**What you will do:** Your task is to find every line in the records that holds the string "items" and copy it.

**Exercise inputs:**
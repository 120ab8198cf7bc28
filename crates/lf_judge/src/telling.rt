//! What is told of rules, each by one of the workers.
ghost use Rattle.std.specs.Prelude.{◌≡◌, ◌≤◌, ◌<◌, ℕ, Bool, true, false, Some, None, length, map, if◌then◌else◌, IfOk};
ghost use Rattle.lf_ast.specs.Rules.{rule_tree, rule_trees};
ghost use Rattle.lf_checks.specs.AlertTemplate.{HaveSources};
ghost use Rattle.lf_checks.specs.Files.{StandIn};
ghost use Rattle.lf_checks.specs.views.Recorded.{AreOf};
ghost use Rattle.lf_semantics.specs.Environments.{IsLeast};
ghost use Rattle.lf_semantics.specs.Listing.{universe_of};
ghost use Rattle.lf_worlds.specs.views.Told.{rule_verdict};
ghost use Rattle.lf_open.specs.OpenList.{IsFirstOpen};
ghost use Rattle.lf_judge.specs.Judged.{Checked, files_of, finding_in, finding_told, has_unresolved, is_empty, rule_in, rule_told, verdicts_told};
ghost use Rattle.lf_judge.specs.Limits.{most_rules};
ghost use Rattle.lf_judge.specs.views.AtHand.{IsReady, TellsRuleAt, TellsRulesAt, rules_of_hand};
ghost use Rattle.lf_judge.specs.views.Checking.{TellsRules};
ghost use Rattle.lf_judge.specs.views.RulesFound.{AreFoundAt, IsFoundAt, NameFirsts};
ghost use Rattle.lf_judge.specs.views.NamePositions.{AreNamePositions};

use crate::Source;
use crate::at_hand::{AtHand, TELLING};
use crate::findings::findings_and_emptiness;
use crate::firsts::{first_at, firsts_of};
use crate::moving::taken_out;
use crate::name_positions::name_positions;
use crate::rule_found::{RuleFound, find_rules};
use crate::verdicts::rule_told;
use lf_ast::{Rule, RuleVerdicts};
use lf_base::{Gate, Memory, Seq};
use lf_board::map_pieces;
use lf_checks::{Checker, RecordedNames};
use lf_classes::Universe;
use lf_flow::Env;
use lf_open::OpenAt;
use lf_report::{Position, ReportedFinding, RuleReport};
use std::alloc::Global;
use std::thread::Threads;

/// What is told of the rules of files, by their universe and least environment; the verdicts on their labels where `labels` asks for them.
pub fn tell_rules<R: Threads + Sync, G: Gate + Sync>(
    rt: &R,
    alloc: Global,
    files: &Seq<Source>,
    rules: &Seq<Rule>,
    universe: &Universe,
    env: &Env,
    recorded: RecordedNames,
    labels: bool,
    workers: u32,
    gate: &G,
) -> Result<Seq<RuleReport>, Memory>
    requires universe { universe.now ≡ universe_of (rule_trees rules.now) }
    requires least { IsLeast universe.now (rule_trees rules.now) env.now }
    requires recorded { AreOf (rule_trees rules.now) recorded }
    requires sources { HaveSources (rule_trees rules.now) }
    requires stand { StandIn (files_of files.now) (rule_trees rules.now) }
    requires few { length rules.now ≤ most_rules }
    requires workers { (0 < workers) × (workers ≤ 64) }
    ensures { IfOk result (TellsRules (files_of files.now) (rule_trees rules.now) env.now labels) }
{
    let names = name_positions(alloc, files, rules)?;
    let names = names.as_slice();
    tell_named(
        rt, alloc, files, rules, names, universe, env, recorded, labels, workers, gate,
    )
}

/// The same, where the names of the rules stand at these positions.
fn tell_named<R: Threads + Sync, G: Gate + Sync>(
    rt: &R,
    alloc: Global,
    files: &Seq<Source>,
    rules: &Seq<Rule>,
    names: &[Position],
    universe: &Universe,
    env: &Env,
    recorded: RecordedNames,
    labels: bool,
    workers: u32,
    gate: &G,
) -> Result<Seq<RuleReport>, Memory>
    requires universe { universe.now ≡ universe_of (rule_trees rules.now) }
    requires least { IsLeast universe.now (rule_trees rules.now) env.now }
    requires recorded { AreOf (rule_trees rules.now) recorded }
    requires sources { HaveSources (rule_trees rules.now) }
    requires stand { StandIn (files_of files.now) (rule_trees rules.now) }
    requires few { length rules.now ≤ most_rules }
    requires names { AreNamePositions (files_of files.now) (rule_trees rules.now) names.now }
    requires workers { (0 < workers) × (workers ≤ 64) }
    ensures { IfOk result (TellsRules (files_of files.now) (rule_trees rules.now) env.now labels) }
{
    let checker = Checker::by(alloc, universe, env, rules, recorded)?;
    let hand = AtHand {
        files,
        rules,
        names,
        universe,
        env,
        checker: &checker,
    };
    tell_at_hand(rt, alloc, &hand, labels, workers, gate)
}

/// The same, with all at hand.
fn tell_at_hand<R: Threads + Sync, G: Gate + Sync>(
    rt: &R,
    alloc: Global,
    hand: &AtHand,
    labels: bool,
    workers: u32,
    gate: &G,
) -> Result<Seq<RuleReport>, Memory>
    requires ready { IsReady hand.now }
    requires workers { (0 < workers) × (workers ≤ 64) }
    ensures { IfOk result (TellsRulesAt hand.now labels) }
{
    if labels {
        return tell_with_labels(rt, alloc, hand, workers, gate);
    }
    each_without_labels(rt, alloc, hand, workers, gate)
}

/// What is told of rules with the verdicts on their labels. Workers find what is known of each rule; what stands open first is named afterwards, for the rules that need it.
fn tell_with_labels<R: Threads + Sync, G: Gate + Sync>(
    rt: &R,
    alloc: Global,
    hand: &AtHand,
    workers: u32,
    gate: &G,
) -> Result<Seq<RuleReport>, Memory>
    requires ready { IsReady hand.now }
    requires workers { (0 < workers) × (workers ≤ 64) }
    ensures { IfOk result (TellsRulesAt hand.now true) }
{
    let found = find_rules(rt, alloc, hand, workers, gate)?;
    let firsts = firsts_of(alloc, hand.rules, &found)?;
    reports_of(alloc, hand, found, firsts.as_slice())
}

/// What is told of rules, by what was found of them and by what stands open first. What was found isn't copied.
fn reports_of(
    alloc: Global,
    hand: &AtHand,
    found: Seq<RuleFound>,
    firsts: &[Option<OpenAt>],
) -> Result<Seq<RuleReport>, Memory>
    requires few { length hand.now.rules.now ≤ most_rules }
    requires found { AreFoundAt hand.now found }
    requires firsts { NameFirsts (rules_of_hand hand.now) found firsts.now }
    ensures { IfOk result (TellsRulesAt hand.now true) }
{
    let mut taken = taken_out(alloc, found)?;
    let mut told = Seq::with_capacity(alloc, taken.len())?;
    while let Some(next) = taken.pop() {
        let number = told.len();
        let first = first_at(firsts, number);
        let report = rule_with_labels(alloc, hand, next, first, number as u32)?;
        told.push(report)?;
    }
    Ok(told)
}

/// What is told of the rule with this number, by what was found of it and by the first construct that stands open for it, where a label of it stays unresolved.
fn rule_with_labels(
    alloc: Global,
    hand: &AtHand,
    found: RuleFound,
    first: Option<OpenAt>,
    number: u32,
) -> Result<RuleReport, Memory>
    requires rule { number < length hand.now.rules.now }
    requires found { IsFoundAt hand.now number found }
    requires first { has_unresolved (rule_verdict found.known) ≡ true → IsFirstOpen (rules_of_hand hand.now) number first }
    ensures { IfOk result (TellsRuleAt hand.now true number) }
{
    let RuleFound { known, findings } = found;
    let rule = hand.rules.get(number as usize);
    let verdicts = rule_told(alloc, known, first, number, rule.expr_span)?;
    let empty = are_empty(&verdicts);
    report_of(rule, Some(verdicts), empty, findings)
}

/// Whether the verdicts call the rule empty.
fn are_empty(verdicts: &RuleVerdicts) -> bool
    ensures { (number : ℕ) (c : Checked) → verdicts.now ≡ verdicts_told c.first number c.rule c.verdict → result ≡ is_empty c.verdict }
{
    match verdicts {
        RuleVerdicts::Empty => true,
        RuleVerdicts::Labels { .. } => false,
    }
}

/// Each rule without the verdicts on its labels.
fn each_without_labels<R: Threads + Sync, G: Gate + Sync>(
    rt: &R,
    alloc: Global,
    hand: &AtHand,
    workers: u32,
    gate: &G,
) -> Result<Seq<RuleReport>, Memory>
    requires ready { IsReady hand.now }
    requires workers { (0 < workers) × (workers ≤ 64) }
    ensures { IfOk result (TellsRulesAt hand.now false) }
{
    let tell_one = |number: u32| -> Result<RuleReport, Memory>
        requires ready { IsReady hand.now }
        requires rule { number < length hand.now.rules.now }
        ensures { IfOk result (TellsRuleAt hand.entry.now false number) }
    { rule_without_labels(alloc, hand, number) };
    map_pieces(
        rt,
        alloc,
        hand.rules.len() as u32,
        workers,
        gate,
        TELLING,
        &tell_one,
    )
}

/// What is told of the rule with this number, without the verdicts on its labels.
fn rule_without_labels(alloc: Global, hand: &AtHand, number: u32) -> Result<RuleReport, Memory>
    requires ready { IsReady hand.now }
    requires rule { number < length hand.now.rules.now }
    ensures { IfOk result (TellsRuleAt hand.now false number) }
{
    let rule = hand.rules.get(number as usize);
    let (findings, empty) = findings_and_emptiness(alloc, hand, number)?;
    report_of(rule, None, empty, findings)
}

/// What is told of a rule, put together.
fn report_of(
    rule: &Rule,
    verdicts: Option<RuleVerdicts>,
    empty: bool,
    findings: Seq<ReportedFinding>,
) -> Result<RuleReport, Memory>
    ensures { (labels : Bool) (number : ℕ) (c : Checked) → c.rule ≡ rule_tree rule.now → verdicts ≡ (if labels then Some (verdicts_told c.first number c.rule c.verdict) else None) → empty ≡ is_empty c.verdict → map finding_in findings ≡ map finding_told c.found → IfOk result (λ told. rule_in told ≡ rule_told labels number c) }
{
    let name = rule.name.copy()?;
    Ok(RuleReport {
        file: rule.file,
        alert: rule.alert,
        name,
        name_span: rule.name_span,
        verdicts,
        empty,
        findings,
    })
}
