//! Where the names of rules stand in their files.
//!
//! The places of a file's rules are looked up in the order of the file, so that its bytes are gone through once.
ghost use Rattle.std.specs.Prelude.{List, IfOk};
ghost use Rattle.lf_ast.specs.Rules.{rule_trees};
ghost use Rattle.lf_checks.specs.Files.{File, StandIn};
ghost use Rattle.lf_judge.specs.Judged.{files_of};
ghost use Rattle.lf_judge.specs.views.NamePositions.{AreNamePositions, IsPositionIn};

use crate::Source;
use lf_ast::Rule;
use lf_base::{Memory, Seq};
use lf_report::{Position, position_from};
use std::alloc::Global;

/// The positions of the names of rules, each at the number of its rule. From one name to the next of the same file only the bytes between are gone through.
pub fn name_positions(
    alloc: Global,
    files: &Seq<Source>,
    rules: &Seq<Rule>,
) -> Result<Vec<Position>, Memory>
    requires { StandIn (files_of files.now) (rule_trees rules.now) }
    ensures { IfOk result (λ positions. AreNamePositions (files_of files.now) (rule_trees rules.now) positions.items) }
{
    let mut positions = Vec::new(alloc);
    let mut file = 0;
    let mut at = Position::first();
    for rule in rules.as_slice() {
        at = kept_in(at, file, rule.file);
        file = rule.file;
        at = position_from(
            files.get(file as usize).bytes.as_slice(),
            at,
            rule.name_span.start as usize,
        );
        positions.push(at)?;
    }
    Ok(positions)
}

/// A position of the file with one number, as one of the file with another number: the same, or else the first.
fn kept_in(at: Position, file: u32, other: u32) -> Position
    ensures { (files : List File) → IsPositionIn files file at → IsPositionIn files other result }
{
    if other == file { at } else { Position::first() }
}
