//! Forks in the rules' own expressions, and the names that are made by them. A recorded name is a node, by its place, and selectors that say no name are the node behind these.
ghost use Rattle.std.specs.Prelude.{◌≡◌, ◌++◌, List, map, IfOk, OnOk};
ghost use Rattle.std.specs.List.{flat_map};
ghost use Rattle.lf_ast.specs.Rules.{RuleTree, rule_tree, rule_trees};
ghost use Rattle.lf_deps.specs.views.Sources.{IsSourcesOf};
ghost use Rattle.lf_trials.specs.Reached.{has_several_rules};
ghost use Rattle.lf_forks.specs.views.NameMarks.{Marks};
ghost use Rattle.lf_forks.specs.views.Uses.{AreOwn, fork_nodes};

use crate::holding::holds;
use crate::name_marks::NameMarks;
use lf_ast::Rule;
use lf_base::{Memory, Seq};
use lf_classes::recorded_names;
use lf_deps::Sources;
use std::alloc::Global;

/// The names that several rules record, by the index of the rules.
pub(crate) fn own_forks(
    alloc: Global,
    rules: &Seq<Rule>,
    sources: &Sources,
) -> Result<NameMarks, Memory>
    requires { IsSourcesOf (rule_trees rules.now) sources.now }
    ensures { IfOk result (AreOwn (rule_trees rules.now)) }
{
    let names = recorded_names(alloc, rules.as_slice())?;
    let marked = have_several(alloc, sources)?;
    Ok(NameMarks {
        names,
        marked,
        without_name: false,
    })
}

/// For each recorded name whether several rules record it.
fn have_several(alloc: Global, sources: &Sources) -> Result<Vec<bool>, Memory>
    ensures { (rules : List RuleTree) → IsSourcesOf rules sources.now → IfOk result (λ several. several.items ≡ map (has_several_rules rules) sources.now.names) }
{
    let mut several = Vec::with_capacity(alloc, sources.recorded().len())?;
    for k in 0..sources.recorded().len() {
        let makers = sources.makers_at(k);
        several.push(makers.len() > 1)?;
    }
    Ok(several)
}

impl NameMarks {
    /// The nodes of the rules that record a name and have an `or` or a marked selector in their expression.
    pub(crate) fn nodes_of_rules(
        &self,
        alloc: Global,
        rules: &Seq<Rule>,
    ) -> Result<Seq<usize>, Memory>
        ensures { IfOk result (λ nodes. nodes ≡ flat_map (fork_nodes self.now) (rule_trees rules.now)) }
    {
        let mut nodes = Seq::new(alloc);
        for k in 0..rules.len() {
            self.push_nodes(alloc, rules.get(k), &mut nodes)?;
        }
        Ok(nodes)
    }

    /// Puts the nodes of a rule behind others, if it is such a rule: its name, and selectors that say none.
    fn push_nodes(&self, alloc: Global, rule: &Rule, nodes: &mut Seq<usize>) -> Result<(), Memory>
        ensures { OnOk result (nodes.new ≡ nodes.old ++ fork_nodes self.now (rule_tree rule.now)) }
    {
        if rule.alert {
            return Ok(());
        }
        if holds(alloc, self, &rule.expr)? {
            nodes.push(self.names.place(rule.name.as_str()))?;
            nodes.push(self.names.len())?;
        }
        Ok(())
    }

    /// With the names at these nodes marked too; and selectors that say none, if there is such a node.
    pub(crate) fn with(mut self, nodes: &[usize]) -> NameMarks
        ensures { Marks nodes.now self result }
    {
        for node in nodes {
            self.mark_place(*node);
        }
        self
    }
}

**Output for this task:**
    ensures { IfOk result (λ positions. AreNamePositions (files_of files.now) (rule_trees rules.now) positions.items) }
    ensures { (rules : List RuleTree) → IsSourcesOf rules sources.now → IfOk result (λ several. several.items ≡ map (has_several_rules rules) sources.now.names) }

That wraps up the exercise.